Bisa kulihat senyuman Donghyun melebar, "Tentu, untuk pasangan anda ya?" ia bergerak, bersamaan dengan Hyunmi yang keluar sembari menyeret sebuah kereta beroda pendek.

Ini pertama kali aku melihatnya bekerja di toko bunga, Hyunmi memang selalu ada di sini bersama Donghyun. Namun aku tak pernah mampir dan memperhatikan mereka seperti ini.

"Suami saya suka bunga tulip, tapi ia selalu mendeskripsikan dirinya dalam gambaran bunga mawar." Donghyun bercerita ringan, seolah bicara pada orang asing.

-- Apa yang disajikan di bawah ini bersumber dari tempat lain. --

ghost use Rattle.std.specs.Prelude.{◌≡◌, ◌++◌, ◌<◌, ◌≤◌, ◌^◌, None, OnOk, length, slice_get};
ghost use Rattle.ja_base.specs.Descriptor.{words_of_all};
ghost use Rattle.ja_ir.specs.Entries as entries;
ghost use Rattle.ja_ir.specs.Initializing.{inits_of_class};
ghost use Rattle.ja_ir.specs.Whole.{IsWhole};
ghost use Rattle.ja_tokens.specs.Numbers.{AreNumbers};
ghost use Rattle.ja_constraints.specs.Starts as starts;

use crate::constraint::{Constraints, add_link, add_reach, add_token};
use crate::flow::add_begins;
use crate::place::method_of;
use ja_base::{JavaType, Kind, Memory, MethodId};
use ja_ir::{Entry, Field, Method, Program, is_static};
use ja_network::{Action, Cell};
use ja_tokens::{ClassNumbers, fresh_tokens, text_token};
use std::alloc::Global;

// Adds that the environment makes objects of these tokens.
fn add_makes(told: &mut Constraints, made: &[u32]) -> Result<(), Memory>
    ensures { OnOk result (told.new ≡ told.old ++ starts.makes_each made.now) }
{
    for token in made {
        add_token(told, Cell::Environment, *token)?;
    }
    Ok(())
}

// Adds that what the environment makes goes to a parameter, where that is of a kind of references.
fn add_hands_over(told: &mut Constraints, method: u32, param: u32, kind: Kind) -> Result<(), Memory>
    ensures { OnOk result (told.new ≡ told.old ++ starts.hands_over method param kind) }
{
    match kind {
        Kind::R => add_link(told, Cell::Environment, Action::Enter { method, param }),
        _ => Ok(()),
    }
}

// Adds that the environment makes something for a parameter, and hands it over.
fn add_gives(
    alloc: Global,
    told: &mut Constraints,
    p: &Program,
    classes: &ClassNumbers,
    m: u32,
    k: u32,
    type_: &JavaType,
) -> Result<(), Memory>
    requires { AreNumbers p.now classes.now }
    ensures { OnOk result (told.new ≡ told.old ++ starts.gives p.now m k type_.now) }
{
    let made = fresh_tokens(alloc, p, classes, type_)?;
    add_makes(told, made.as_slice())?;
    add_hands_over(told, m, k, type_.kind)
}

// Adds the same for parameters of these types, of which the first has a number.
fn add_gives_each(
    alloc: Global,
    told: &mut Constraints,
    p: &Program,
    classes: &ClassNumbers,
    m: u32,
    first: u32,
    types: &[JavaType],
) -> Result<(), Memory>
    requires numbers { AreNumbers p.now classes.now }
    requires first { first ≤ 1 }
    requires few { length types.now ≤ 255 }
    ensures { OnOk result (told.new ≡ told.old ++ starts.gives_each p.now m first types.now) }
{
    let mut k = first;
    for type_ in types {
        add_gives(alloc, told, p, classes, m, k, type_)?;
        k += 1;
    }
    Ok(())
}

// Whether a method makes an object of a class ready without arguments.
fn is_constructor(method: &Method, class: u32) -> bool
    ensures { result ≡ entries.is_constructor class method.now }
{
    method.class.0 == class
        && (!is_static(method.flags)
            && (method.name.bytes() == b"<init>".as_slice()
                && (method.desc.bytes() == b"()V".as_slice() && method.code.len() > 0)))
}

// The constructor without parameters that a class declares, if there is one.
fn constructor_of(p: &Program, class: u32) -> Option<u32>
    ensures { result ≡ entries.constructor_of p.now class }
{
    for (m, method) in p.methods().as_slice().iter().enumerate() {
        if is_constructor(method, class) {
            return Some(m as u32);
        }
    }
    None
}

// Adds that the environment runs a constructor of a class, if there is one.
fn add_constructs(told: &mut Constraints, class: u32, found: Option<u32>) -> Result<(), Memory>
    ensures { OnOk result (told.new ≡ told.old ++ starts.constructs class found) }
{
    match found {
        Some(method) => {
            add_reach(told, method, 0)?;
            add_token(told, Cell::Param { method, param: 0 }, class)
        }
        None => Ok(()),
    }
}

// Adds that the environment makes an object of a class, on which it runs a method.
fn add_makes_receiver(
    told: &mut Constraints,
    p: &Program,
    class: u32,
    method: u32,
) -> Result<(), Memory>
    ensures { OnOk result (told.new ≡ told.old ++ starts.makes_receiver p.now class method) }
{
    add_token(told, Cell::Environment, class)?;
    add_token(told, Cell::Param { method, param: 0 }, class)?;
    add_constructs(told, class, constructor_of(p, class))
}

// Adds the same, where the method of an entry has a receiver.
fn add_receives(
    told: &mut Constraints,
    p: &Program,
    entry: &Entry,
    method: &Method,
) -> Result<(), Memory>
    ensures { OnOk result (told.new ≡ told.old ++ starts.receives p.now entry.now method.now) }
{
    if is_static(method.flags) {
        Ok(())
    } else {
        add_makes_receiver(told, p, entry.class.0, entry.method.0)
    }
}

// The number of a method's first parameter that has a type in its descriptor.
fn first_param(method: &Method) -> u32
    ensures first { result ≡ starts.first_param method.now }
    ensures small { result ≤ 1 }
{
    if is_static(method.flags) { 0 } else { 1 }
}

// Adds what the environment gives to the method of an entry.
fn add_gives_all(
    alloc: Global,
    told: &mut Constraints,
    p: &Program,
    classes: &ClassNumbers,
    entry: &Entry,
    method: &Method,
) -> Result<(), Memory>
    requires numbers { AreNumbers p.now classes.now }
    requires few { length method.now.types.params ≤ 255 }
    ensures { OnOk result (told.new ≡ told.old ++ starts.gives_all p.now entry.now method.now) }
{
    let types = method.types.params.as_slice();
    add_receives(told, p, entry, method)?;
    add_gives_each(
        alloc,
        told,
        p,
        classes,
        entry.method.0,
        first_param(method),
        types,
    )
}

// Adds what the environment gives to the method of an entry, if there is one.
fn add_gives_to(
    alloc: Global,
    told: &mut Constraints,
    p: &Program,
    classes: &ClassNumbers,
    entry: &Entry,
) -> Result<(), Memory>
    requires numbers { AreNumbers p.now classes.now }
    ensures { OnOk result (told.new ≡ told.old ++ starts.gives_to p.now entry.now (slice_get p.now.methods entry.now.method.0)) }
{
    match method_of(p, entry.method.0) {
        Some(method) => add_gives_all(alloc, told, p, classes, entry, method),
        None => Ok(()),
    }
}

// The class initialisers of a class, if there is one of this number.
fn inits_of(p: &Program, class: u32) -> &[MethodId]
    ensures { result.now ≡ inits_of_class (slice_get p.now.classes class) }
{
    match p.classes().as_slice().get(class as usize) {
        Some(info) => info.inits.as_slice(),
        None => &[],
    }
}

// Adds what is told of an entry.
fn add_entry(
    alloc: Global,
    told: &mut Constraints,
    p: &Program,
    classes: &ClassNumbers,
    entry: &Entry,
) -> Result<(), Memory>
    requires { AreNumbers p.now classes.now }
    ensures { OnOk result (told.new ≡ told.old ++ starts.enters p.now entry.now) }
{
    add_reach(told, entry.method.0, 0)?;
    add_begins(told, inits_of(p, entry.class.0))?;
    add_gives_to(alloc, told, p, classes, entry)
}

// Adds what is told of entries.
fn add_entries(
    alloc: Global,
    told: &mut Constraints,
    p: &Program,
    classes: &ClassNumbers,
    list: &[Entry],
) -> Result<(), Memory>
    requires { AreNumbers p.now classes.now }
    ensures { OnOk result (told.new ≡ told.old ++ starts.enter_all p.now list.now) }
{
    for entry in list {
        add_entry(alloc, told, p, classes, entry)?;
    }
    Ok(())
}

// Adds that a field that begins as a constant text has one.
fn add_begins_as(
    told: &mut Constraints,
    p: &Program,
    field: u32,
    info: &Field,
) -> Result<(), Memory>
    ensures { OnOk result (told.new ≡ told.old ++ starts.begins_as p.now field info.now) }
{
    if info.text {
        add_token(told, Cell::Field { field }, text_token(p))
    } else {
        Ok(())
    }
}

// Adds the same for all fields.
fn add_fields(told: &mut Constraints, p: &Program, fields: &[Field]) -> Result<(), Memory>
    requires { length fields.now < 2 ^ 32 }
    ensures { OnOk result (told.new ≡ told.old ++ starts.begin_fields p.now 0 fields.now) }
{
    for (f, field) in fields.iter().enumerate() {
        add_begins_as(told, p, f as u32, field)?;
    }
    Ok(())
}

/// Adds what is told at first: what the environment makes, runs and hands over, and the texts of
/// fields.
pub fn add_starts(
    alloc: Global,
    told: &mut Constraints,
    p: &Program,
    classes: &ClassNumbers,
) -> Result<(), Memory>
    requires { AreNumbers p.now classes.now }
    ensures { OnOk result (told.new ≡ told.old ++ starts.starts p.now) }
{
    add_link(told, Cell::Environment, Action::Stock)?;
    add_entries(alloc, told, p, classes, p.entries().as_slice())?;
    add_fields(told, p, p.fields().as_slice())
}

Ya... memang aku berwujud asing, kan... dia mana kenal Kim Youngjo.

"Kau paham sekali makna bunga,"

Donghyun tak bicara lebih, nampak tersipu ketika pujian itu meluncur. "A-ah... bukankah ini diperlukan? Bagaimana kalau salah memberi bunga? Maknanya akan berbeda."

Manis sekali...

"Berarti kau bisa merekomendasikan paduan buket?"

Lelaki kelahiran 98 itu tersenyum tipis, "Bisa." Ia jawab dengan nada halus, "Anda ingin menambah buket lagi?"

"Tidak... tapi siapa tahu aku akan kembali lagi,"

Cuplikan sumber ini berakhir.